Neuromyelitis optica spectrum disorder (NMOSD) is an inflammatory and autoimmune disorder of the central nervous system characterized by optic neuritis and longitudinally extensive transverse myelitis as core symptoms. Additionally, area postrema syndrome and brain stem syndrome are also common, as well as the presence of serum autoantibodies that act on the aquaporin-4 (AQP4-immunoglobulin G (AQP4-IgG)) water channels in approximately 80 % of cases (Jarius et al., 2008; Lennon et al., 2004; Wingerchuk et al., 2015)). NMOSD represents a major cause of neurological disability in adults which significantly affects the daily life of patients. It is more frequent in women, with ratios of 5:1 to 10:1. NMOSD has an average age of onset of 30–40 years and people of Hispanic, African, Asian, and Native American descent are more susceptible to it (Flanagan and Weinshenker, 2014). In Mexico, a prevalence of 1 per 100,000 inhabitants has been estimated, which represents 16 % of all autoimmune diseases of the central nervous system in that country (Rivera et al., 2008; Velazquez et al., 2023).

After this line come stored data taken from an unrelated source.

// The frame grid of a recording: boundaries, durations, and the tests of a recording's input (refusals 1 to 6).
// Contracts cite specs/Boundary, specs/Durations and specs/Validate; laws about them stand beside them.
#![tactic(auto)]

pub mod boundary;
pub mod durations;
pub mod flags;
pub mod readings;
pub mod validate;
pub mod values;

pub use boundary::FrameGrid;
pub use readings::Readings;
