// Document 01, "Copies and legends": legend records, their check, the check of stored legends, and the store of a load.
#![tactic(auto)]

pub mod compose;

ghost use Rattle.std.specs.Prelude.{◌≡◌, false, ℕ, ◌+◌, ◌≤◌, ◌<◌, length, drop, Ok};
ghost use mathlib.Core.List.{List, ◌++◌, map, flatten};
ghost use Rattle.seq.specs.Words.{any, first_or};
ghost use Rattle.numbers.specs.Sizes.{legend_size, slot_size};
ghost use Rattle.numbers.specs.Numbers.{is_sound};
ghost use Rattle.line.specs.Line.{unprintable, translated, unprintable_at, told};
ghost use Rattle.line.specs.Codes.{codes, mended_codes, unprintable_codes};
ghost use Rattle.legends.specs.Legends.{head_size, head_of, segment_length, bad_head, segment_tests, segments, legend_check, legends_ok};
ghost use Rattle.legends.specs.Legends.{retext, stored_legends, unprintable_in_texts};

use line::Unprintables;
use numbers::{Cause, Stores};

// The bytes of a segment before its text.
const HEAD_BYTES: usize = 6;

// The position after the last of a line: where a segment's positions end at the latest.
const LINE_END: usize = Stores::LINE_CELLS + 1;

// The six bytes of a segment before its text.
#[derive(Clone, Copy)]
struct Head {
    first_copy: u8,
    copies: u8,
    first_line: u8,
    lines: u8,
    first_position: u8,
    positions: u8,
}

impl Head {
    // That of the segment at the front of s. By places: `first_chunk` leaves a test in the walks, which take a quarter longer over short segments.
    fn read(s: &[u8]) -> Head
        requires { head_size ≤ length s.now }
        ensures { result ≡ head_of s.now }
    {
        Head {
            first_copy: s[0],
            copies: s[1],
            first_line: s[2],
            lines: s[3],
            first_position: s[4],
            positions: s[5],
        }
    }
}

// Joined from the left: nested the other way, the tests become vector operations, for which the next segment's place has to wait.
fn bad_head(s: &[u8]) -> bool
    requires { head_size ≤ length s.now }
    ensures { result ≡ bad_head s.now }
{
    let h = Head::read(s);
    let zero = (h.first_copy == 0)
        | (h.copies == 0)
        | (h.first_line == 0)
        | (h.lines == 0)
        | (h.first_position == 0)
        | (h.positions == 0);
    let end = usize::from(h.first_position) + usize::from(h.positions);
    zero | !((2 <= end) & (end <= LINE_END))
}

// How many bytes the segment at a place of s has.
pub fn segment_length(s: &[u8], at: usize) -> usize
    requires { at + head_size ≤ length s.now }
    ensures value { result ≡ segment_length (drop at s.now) }
    ensures most { result ≤ head_size + 255 }
{
    HEAD_BYTES + usize::from(Head::read(&s[at..]).positions)
}

// What follows the segment at the front of s.
fn after_first(s: &[u8]) -> &[u8]
    requires { segment_length s.now ≤ length s.now }
    ensures rest { result.now ≡ drop (segment_length s.now) s.now }
    ensures shorter { length result.now < length s.now }
{
    &s[segment_length(s, 0)..]
}

// What the tests of the segment at the front of s find.
fn segment_check(s: &[u8]) -> Result<(), Cause>
    ensures { result ≡ first_or (Ok tt) (segment_tests s.now) }
{
    if s.len() < HEAD_BYTES {
        return Err(Cause::SegmentEnds);
    }
    if bad_head(s) {
        return Err(Cause::SegmentFields);
    }
    if s.len() < segment_length(s, 0) {
        return Err(Cause::SegmentEnds);
    }
    Ok(())
}

// What follows the sound segments at the front of s. A segment that begins with 00 is not sound, so stored legends end there too.
fn after_sound(s: &[u8]) -> &[u8]
    ensures bound { length result.now ≤ length s.now }
    ensures stops { is_sound (first_or (Ok tt) (segment_tests result.now)) ≡ false }
    ensures checked { first_or (Ok tt) (flatten (map segment_tests (segments s.now)))
        ≡ first_or (Ok tt) (flatten (map segment_tests (segments result.now))) }
    ensures stored { legends_ok s.now ≡ legends_ok result.now }
{
    let mut rest = s;
    while segment_check(rest).is_ok() {
        rest = after_first(rest);
    }
    rest
}

pub fn legend_check(sent: &[u8]) -> Result<(), Cause>
    requires { length sent.now ≤ legend_size }
    ensures { result ≡ legend_check sent.now }
{
    if sent.is_empty() {
        return Err(Cause::SegmentEnds);
    }
    let rest = after_sound(sent);
    if rest.is_empty() {
        return Ok(());
    }
    segment_check(rest)
}

pub fn legends_ok(legends: &[u8]) -> bool
    requires { length legends.now ≡ legend_size }
    ensures { result ≡ legends_ok legends.now }
{
    seq::zero_from(after_sound(legends), 0)
}

// One segment of a load looked up: its head, and the codes of its text. Says whether any of them is unprintable.
fn look_up_segment(
    to: &mut [u8],
    from: &[u8],
    pitches: [u8; 4],
    table: &[u8; Stores::SLOT_BYTES],
) -> bool
    requires to_len { (length to.old ≡ length from.now) × (head_size ≤ length from.now) }
    ensures to { to.new ≡ retext (codes table.now) from.now }
    ensures bad { result ≡ any (unprintable pitches) (codes table.now (drop head_size from.now)) }
{
    to[..HEAD_BYTES].copy_from_slice(&from[..HEAD_BYTES]);
    line::translate::codes(&mut to[HEAD_BYTES..], &from[HEAD_BYTES..], pitches, table)
}

// The text of a segment mended. Tells its unprintable positions after those that were found before it.
fn mend_segment(
    segment: &mut [u8],
    pitches: [u8; 4],
    table: &[u8; Stores::SLOT_BYTES],
    before: Unprintables,
) -> Unprintables
    requires has_head { head_size ≤ length segment.old }
    requires count_fits { before.count + length segment.old ≤ 0xFFFF }
    ensures segment { segment.new ≡ retext (mended_codes pitches table.now) segment.old }
    ensures found { (ns : List ℕ) → before ≡ told ns → result ≡ told (ns ++ unprintable_codes pitches (drop head_size segment.old)) }
{
    before.then(line::translate::mend(&mut segment[HEAD_BYTES..], pitches, table))
}

// One segment of a load: its head, and its text translated. Tells its unprintable positions after those that were found before it.
fn store_segment(
    to: &mut [u8],
    from: &[u8],
    pitches: [u8; 4],
    table: &[u8; Stores::SLOT_BYTES],
    before: Unprintables,
) -> Unprintables
    requires to_len { (length to.old ≡ length from.now) × (head_size ≤ length from.now) }
    requires count_fits { before.count + length from.now ≤ 0xFFFF }
    ensures to { to.new ≡ retext (translated pitches table.now) from.now }
    ensures found { (ns : List ℕ) → before ≡ told ns → result ≡ told (ns ++ unprintable_at pitches table.now (drop head_size from.now)) }
{
    if look_up_segment(to, from, pitches, table) {
        return mend_segment(to, pitches, table, before);
    }
    before
}

// All segments of a record that passed, and 00 after them. Tells the unprintable positions of their texts.
pub fn store_legends(
    legends: &mut [u8],
    sent: &[u8],
    pitches: [u8; 4],
    table: &[u8],
) -> Unprintables
    requires legends_len { length legends.old ≡ legend_size }
    requires sent_fits { length sent.now ≤ legend_size }
    requires sent_sound { legend_check sent.now ≡ Ok tt }
    requires table_len { length table.now ≡ slot_size }
    ensures legends { legends.new ≡ stored_legends (translated pitches table.now) sent.now }
    ensures found { result ≡ told (unprintable_in_texts (unprintable_at pitches table.now) sent.now) }
{
    let table = table.as_array().unwrap();
    // One place serves both slices, and each segment says how far it goes.
    let mut found = Unprintables::NONE;
    let mut at = 0;
    while at < sent.len() {
        let end = at + segment_length(sent, at);
        found = store_segment(&mut legends[at..end], &sent[at..end], pitches, table, found);
        at = end;
    }
    legends[sent.len()..].fill(0);
    found
}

Recently, NMOSD has been associated to cognitive impairment, although the reports are still scarce and the results regarding the neuropsychological profile in these patients have been variable (Eizaguirre et al., 2017; Moore et al., 2016; Saji et al., 2013; Vanotti et al., 2013). Although cognitive impairment in NMOSD occurs in up to 70 % of patients, it has received little recognition (Oertel et al., 2019). Importantly, the neuropsychological batteries used for its study vary across studies, making comparisons challenging. Nevertheless, impairments in attention, memory, executive processes, and processing speed have been frequently reported (Blanc et al., 2008; Meng et al., 2017; Saji et al., 2013). Cognitive impairment in NMOSD has been identified as a determining factor in patients' quality of life, along with fatigue and depression (He et al., 2011). However, it is unclear whether cognitive changes are related to the expression of AQP4-IgG antibodies, the degree of lesions in the central nervous system, and/or the degree of functional disability (Blanc et al., 2008; Eizaguirre et al., 2017; Saji et al., 2013; Vanotti et al., 2013), especially at early and middle stages of the disease, which was our objective. Likewise, not enough research has been conducted on cognitive impairment in latin american (much less Mexican) persons suffering from NMOSD.